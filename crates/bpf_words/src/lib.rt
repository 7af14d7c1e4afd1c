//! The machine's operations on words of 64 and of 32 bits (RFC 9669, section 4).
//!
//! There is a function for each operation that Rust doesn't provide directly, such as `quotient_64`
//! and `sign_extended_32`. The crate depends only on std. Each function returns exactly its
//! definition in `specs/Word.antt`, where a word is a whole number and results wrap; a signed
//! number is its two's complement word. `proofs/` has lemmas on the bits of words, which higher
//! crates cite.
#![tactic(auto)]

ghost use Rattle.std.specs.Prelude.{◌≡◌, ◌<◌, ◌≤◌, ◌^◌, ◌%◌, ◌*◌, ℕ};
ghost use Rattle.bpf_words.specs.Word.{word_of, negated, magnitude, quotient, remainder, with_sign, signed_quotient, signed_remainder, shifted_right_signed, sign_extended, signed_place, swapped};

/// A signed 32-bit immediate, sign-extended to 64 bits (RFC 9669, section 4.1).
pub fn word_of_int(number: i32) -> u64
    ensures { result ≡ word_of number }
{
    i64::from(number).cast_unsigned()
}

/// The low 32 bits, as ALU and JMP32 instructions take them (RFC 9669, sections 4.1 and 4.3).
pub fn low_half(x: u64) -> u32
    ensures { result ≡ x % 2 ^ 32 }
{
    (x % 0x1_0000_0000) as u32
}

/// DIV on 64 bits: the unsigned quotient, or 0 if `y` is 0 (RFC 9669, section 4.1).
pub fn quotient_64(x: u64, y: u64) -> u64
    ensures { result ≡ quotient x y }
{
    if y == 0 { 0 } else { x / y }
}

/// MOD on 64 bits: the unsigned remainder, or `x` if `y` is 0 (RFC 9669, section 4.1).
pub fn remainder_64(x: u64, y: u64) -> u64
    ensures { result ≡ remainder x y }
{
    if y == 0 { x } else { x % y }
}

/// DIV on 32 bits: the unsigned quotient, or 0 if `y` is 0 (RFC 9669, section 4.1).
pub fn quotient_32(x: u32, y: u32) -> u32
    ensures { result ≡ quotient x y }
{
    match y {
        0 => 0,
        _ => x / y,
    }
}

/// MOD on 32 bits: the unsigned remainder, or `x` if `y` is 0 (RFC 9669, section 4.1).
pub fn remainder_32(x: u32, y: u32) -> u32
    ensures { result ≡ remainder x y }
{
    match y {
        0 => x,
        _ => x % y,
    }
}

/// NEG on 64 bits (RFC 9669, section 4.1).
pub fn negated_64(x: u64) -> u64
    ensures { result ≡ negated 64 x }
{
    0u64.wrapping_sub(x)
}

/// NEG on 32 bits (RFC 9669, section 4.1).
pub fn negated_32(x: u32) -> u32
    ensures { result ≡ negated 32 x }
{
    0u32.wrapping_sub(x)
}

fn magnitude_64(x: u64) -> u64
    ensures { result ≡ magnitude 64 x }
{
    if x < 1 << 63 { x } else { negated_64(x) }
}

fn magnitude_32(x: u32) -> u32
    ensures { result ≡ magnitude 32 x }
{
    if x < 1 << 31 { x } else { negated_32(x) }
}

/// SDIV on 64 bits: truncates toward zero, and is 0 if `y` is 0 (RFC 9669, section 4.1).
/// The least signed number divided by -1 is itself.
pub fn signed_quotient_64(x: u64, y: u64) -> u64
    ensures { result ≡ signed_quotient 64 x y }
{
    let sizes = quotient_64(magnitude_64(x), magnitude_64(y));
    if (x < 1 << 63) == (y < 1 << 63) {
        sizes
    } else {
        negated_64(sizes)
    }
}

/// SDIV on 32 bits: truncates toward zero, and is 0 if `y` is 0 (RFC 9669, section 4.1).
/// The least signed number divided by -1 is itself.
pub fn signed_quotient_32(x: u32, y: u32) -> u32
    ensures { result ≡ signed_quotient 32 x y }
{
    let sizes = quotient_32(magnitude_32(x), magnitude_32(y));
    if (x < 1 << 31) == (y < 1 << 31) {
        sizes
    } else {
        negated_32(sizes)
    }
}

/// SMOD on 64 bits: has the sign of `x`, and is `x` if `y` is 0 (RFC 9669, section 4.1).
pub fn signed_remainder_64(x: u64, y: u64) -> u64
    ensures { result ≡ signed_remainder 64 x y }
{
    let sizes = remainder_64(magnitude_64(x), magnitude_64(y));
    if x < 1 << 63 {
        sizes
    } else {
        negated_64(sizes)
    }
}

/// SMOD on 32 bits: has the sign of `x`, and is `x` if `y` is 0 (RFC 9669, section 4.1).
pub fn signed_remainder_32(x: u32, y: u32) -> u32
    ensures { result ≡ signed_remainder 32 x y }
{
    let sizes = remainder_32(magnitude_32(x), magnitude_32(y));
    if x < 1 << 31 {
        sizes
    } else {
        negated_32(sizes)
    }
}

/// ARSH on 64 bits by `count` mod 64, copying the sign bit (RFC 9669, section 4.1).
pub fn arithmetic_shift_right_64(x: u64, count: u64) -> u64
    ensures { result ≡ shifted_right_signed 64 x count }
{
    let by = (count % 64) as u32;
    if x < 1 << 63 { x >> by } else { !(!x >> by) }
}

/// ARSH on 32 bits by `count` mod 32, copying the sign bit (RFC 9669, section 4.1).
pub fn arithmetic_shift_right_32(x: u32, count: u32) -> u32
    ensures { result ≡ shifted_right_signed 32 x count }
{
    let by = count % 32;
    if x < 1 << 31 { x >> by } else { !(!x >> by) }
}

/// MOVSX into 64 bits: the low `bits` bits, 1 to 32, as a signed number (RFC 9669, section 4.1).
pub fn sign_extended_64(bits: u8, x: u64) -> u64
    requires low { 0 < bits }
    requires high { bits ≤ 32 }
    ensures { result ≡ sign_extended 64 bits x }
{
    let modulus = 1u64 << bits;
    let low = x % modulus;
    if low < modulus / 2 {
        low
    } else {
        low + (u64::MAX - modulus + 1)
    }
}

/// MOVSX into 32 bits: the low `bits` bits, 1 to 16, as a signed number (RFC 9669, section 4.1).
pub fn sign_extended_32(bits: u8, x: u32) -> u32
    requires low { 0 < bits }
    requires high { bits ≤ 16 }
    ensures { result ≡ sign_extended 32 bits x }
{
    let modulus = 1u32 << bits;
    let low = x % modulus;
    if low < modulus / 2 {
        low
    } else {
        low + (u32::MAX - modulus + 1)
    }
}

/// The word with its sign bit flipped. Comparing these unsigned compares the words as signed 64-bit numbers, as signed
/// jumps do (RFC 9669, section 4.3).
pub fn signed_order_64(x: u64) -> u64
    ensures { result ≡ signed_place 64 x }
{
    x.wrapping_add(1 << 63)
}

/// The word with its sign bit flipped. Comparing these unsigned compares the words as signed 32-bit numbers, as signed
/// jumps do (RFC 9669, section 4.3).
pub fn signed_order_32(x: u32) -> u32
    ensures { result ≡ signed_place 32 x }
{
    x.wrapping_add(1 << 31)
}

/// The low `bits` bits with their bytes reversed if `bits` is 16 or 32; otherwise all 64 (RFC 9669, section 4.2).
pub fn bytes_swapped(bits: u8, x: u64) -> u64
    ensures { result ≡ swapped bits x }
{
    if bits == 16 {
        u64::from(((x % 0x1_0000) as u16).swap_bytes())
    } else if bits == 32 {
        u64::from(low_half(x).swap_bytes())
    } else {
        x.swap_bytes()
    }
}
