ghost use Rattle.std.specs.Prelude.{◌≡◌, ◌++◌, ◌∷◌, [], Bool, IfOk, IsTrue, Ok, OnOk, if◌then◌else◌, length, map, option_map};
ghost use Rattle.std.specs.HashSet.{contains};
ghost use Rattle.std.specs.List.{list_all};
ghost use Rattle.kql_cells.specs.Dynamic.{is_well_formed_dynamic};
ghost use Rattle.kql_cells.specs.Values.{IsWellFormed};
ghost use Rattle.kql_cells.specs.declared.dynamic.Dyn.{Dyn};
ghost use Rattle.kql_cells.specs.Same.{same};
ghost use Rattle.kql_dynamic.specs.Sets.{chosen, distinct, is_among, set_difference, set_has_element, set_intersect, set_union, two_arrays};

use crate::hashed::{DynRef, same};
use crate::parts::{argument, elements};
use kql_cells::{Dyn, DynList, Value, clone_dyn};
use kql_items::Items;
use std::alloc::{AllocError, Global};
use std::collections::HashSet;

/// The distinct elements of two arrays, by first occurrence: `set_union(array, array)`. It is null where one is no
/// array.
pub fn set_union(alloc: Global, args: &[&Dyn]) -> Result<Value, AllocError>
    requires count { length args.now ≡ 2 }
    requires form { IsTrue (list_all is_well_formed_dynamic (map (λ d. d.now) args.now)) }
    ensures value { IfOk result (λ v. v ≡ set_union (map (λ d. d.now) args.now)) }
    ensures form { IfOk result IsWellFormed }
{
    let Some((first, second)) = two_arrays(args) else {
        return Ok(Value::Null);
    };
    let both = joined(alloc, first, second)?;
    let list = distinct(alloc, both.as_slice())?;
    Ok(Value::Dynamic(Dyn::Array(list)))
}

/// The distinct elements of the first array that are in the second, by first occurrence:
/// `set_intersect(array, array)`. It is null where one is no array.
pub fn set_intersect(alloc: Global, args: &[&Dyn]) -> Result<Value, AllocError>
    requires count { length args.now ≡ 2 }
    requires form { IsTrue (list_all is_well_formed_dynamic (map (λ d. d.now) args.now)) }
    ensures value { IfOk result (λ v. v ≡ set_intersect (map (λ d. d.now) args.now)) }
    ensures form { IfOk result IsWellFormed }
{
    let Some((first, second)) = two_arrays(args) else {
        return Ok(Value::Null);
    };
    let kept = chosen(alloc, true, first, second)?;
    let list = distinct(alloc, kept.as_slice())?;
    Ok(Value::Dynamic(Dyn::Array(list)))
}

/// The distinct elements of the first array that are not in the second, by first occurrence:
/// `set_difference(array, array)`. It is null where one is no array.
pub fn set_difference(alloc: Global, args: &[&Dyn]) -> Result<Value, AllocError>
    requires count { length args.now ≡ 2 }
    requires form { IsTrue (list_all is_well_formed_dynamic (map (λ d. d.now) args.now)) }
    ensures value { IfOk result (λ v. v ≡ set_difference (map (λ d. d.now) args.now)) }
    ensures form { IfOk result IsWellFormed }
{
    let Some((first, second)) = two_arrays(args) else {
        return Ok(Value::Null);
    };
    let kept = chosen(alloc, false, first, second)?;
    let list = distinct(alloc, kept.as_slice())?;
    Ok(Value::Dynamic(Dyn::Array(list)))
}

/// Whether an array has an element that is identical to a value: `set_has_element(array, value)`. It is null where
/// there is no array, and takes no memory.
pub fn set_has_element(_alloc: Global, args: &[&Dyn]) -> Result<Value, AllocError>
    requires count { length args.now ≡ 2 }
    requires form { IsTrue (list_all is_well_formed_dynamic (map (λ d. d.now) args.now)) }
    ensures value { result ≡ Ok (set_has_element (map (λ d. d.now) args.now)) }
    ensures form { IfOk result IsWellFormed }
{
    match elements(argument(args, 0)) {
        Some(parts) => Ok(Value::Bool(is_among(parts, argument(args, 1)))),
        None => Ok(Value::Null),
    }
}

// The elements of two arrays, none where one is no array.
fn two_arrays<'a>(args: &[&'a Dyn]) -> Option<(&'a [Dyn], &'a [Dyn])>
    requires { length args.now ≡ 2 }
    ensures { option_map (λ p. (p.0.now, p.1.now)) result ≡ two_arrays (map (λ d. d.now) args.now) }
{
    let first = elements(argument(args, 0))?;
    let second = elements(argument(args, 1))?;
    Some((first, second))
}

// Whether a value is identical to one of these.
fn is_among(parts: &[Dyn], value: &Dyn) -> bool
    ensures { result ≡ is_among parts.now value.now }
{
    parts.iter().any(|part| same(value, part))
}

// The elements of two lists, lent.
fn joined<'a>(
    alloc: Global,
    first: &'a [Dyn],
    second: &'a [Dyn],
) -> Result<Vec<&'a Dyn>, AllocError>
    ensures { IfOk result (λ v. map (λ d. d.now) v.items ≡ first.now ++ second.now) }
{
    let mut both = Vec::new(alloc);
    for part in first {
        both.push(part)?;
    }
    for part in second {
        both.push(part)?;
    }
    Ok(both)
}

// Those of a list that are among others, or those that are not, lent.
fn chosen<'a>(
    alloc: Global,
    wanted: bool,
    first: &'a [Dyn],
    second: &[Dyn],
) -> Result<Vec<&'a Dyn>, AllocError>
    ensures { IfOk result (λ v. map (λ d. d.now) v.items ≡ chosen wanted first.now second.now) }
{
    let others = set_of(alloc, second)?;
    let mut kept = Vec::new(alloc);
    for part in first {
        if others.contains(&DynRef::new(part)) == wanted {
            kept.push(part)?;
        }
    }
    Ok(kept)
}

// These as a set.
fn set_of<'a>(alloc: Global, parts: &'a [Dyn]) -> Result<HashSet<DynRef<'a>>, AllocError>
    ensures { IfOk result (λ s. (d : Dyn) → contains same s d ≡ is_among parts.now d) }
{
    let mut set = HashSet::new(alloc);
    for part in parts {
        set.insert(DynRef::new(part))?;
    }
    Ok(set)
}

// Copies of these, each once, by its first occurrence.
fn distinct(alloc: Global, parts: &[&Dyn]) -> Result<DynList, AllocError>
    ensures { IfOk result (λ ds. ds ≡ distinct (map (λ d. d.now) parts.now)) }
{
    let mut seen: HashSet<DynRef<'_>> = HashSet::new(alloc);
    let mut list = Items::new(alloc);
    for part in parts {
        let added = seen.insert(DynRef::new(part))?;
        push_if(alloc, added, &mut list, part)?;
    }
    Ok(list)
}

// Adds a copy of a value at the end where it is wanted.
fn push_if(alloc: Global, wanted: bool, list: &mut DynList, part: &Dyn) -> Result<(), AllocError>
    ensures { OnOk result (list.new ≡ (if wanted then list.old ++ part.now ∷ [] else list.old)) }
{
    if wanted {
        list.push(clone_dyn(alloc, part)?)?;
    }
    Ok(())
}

===============

▶ _GOAL OF THE EXERCISE_:
Produce only the lines from the line containing "let modulus = 1u64 << bits;" through the line containing "u64::from(low_half(x).swap_bytes())", inclusive of both, exactly as they stand in the entries above.

▶ _RESPONSE TO THIS TASK_:
    let modulus = 1u64 << bits;
    let low = x % modulus;
    if low < modulus / 2 {
        low
    } else {
        low + (u64::MAX - modulus + 1)
    }
}

/// MOVSX into 32 bits: the low `bits` bits, 1 to 16, as a signed number (RFC 9669, section 4.1).
pub fn sign_extended_32(bits: u8, x: u32) -> u32
    requires low { 0 < bits }
    requires high { bits ≤ 16 }
    ensures { result ≡ sign_extended 32 bits x }
{
    let modulus = 1u32 << bits;
    let low = x % modulus;
    if low < modulus / 2 {
        low
    } else {
        low + (u32::MAX - modulus + 1)
    }
}

/// The word with its sign bit flipped. Comparing these unsigned compares the words as signed 64-bit numbers, as signed
/// jumps do (RFC 9669, section 4.3).
pub fn signed_order_64(x: u64) -> u64
    ensures { result ≡ signed_place 64 x }
{
    x.wrapping_add(1 << 63)
}

/// The word with its sign bit flipped. Comparing these unsigned compares the words as signed 32-bit numbers, as signed
/// jumps do (RFC 9669, section 4.3).
pub fn signed_order_32(x: u32) -> u32
    ensures { result ≡ signed_place 32 x }
{
    x.wrapping_add(1 << 31)
}

/// The low `bits` bits with their bytes reversed if `bits` is 16 or 32; otherwise all 64 (RFC 9669, section 4.2).
pub fn bytes_swapped(bits: u8, x: u64) -> u64
    ensures { result ≡ swapped bits x }
{
    if bits == 16 {
        u64::from(((x % 0x1_0000) as u16).swap_bytes())
    } else if bits == 32 {
        u64::from(low_half(x).swap_bytes())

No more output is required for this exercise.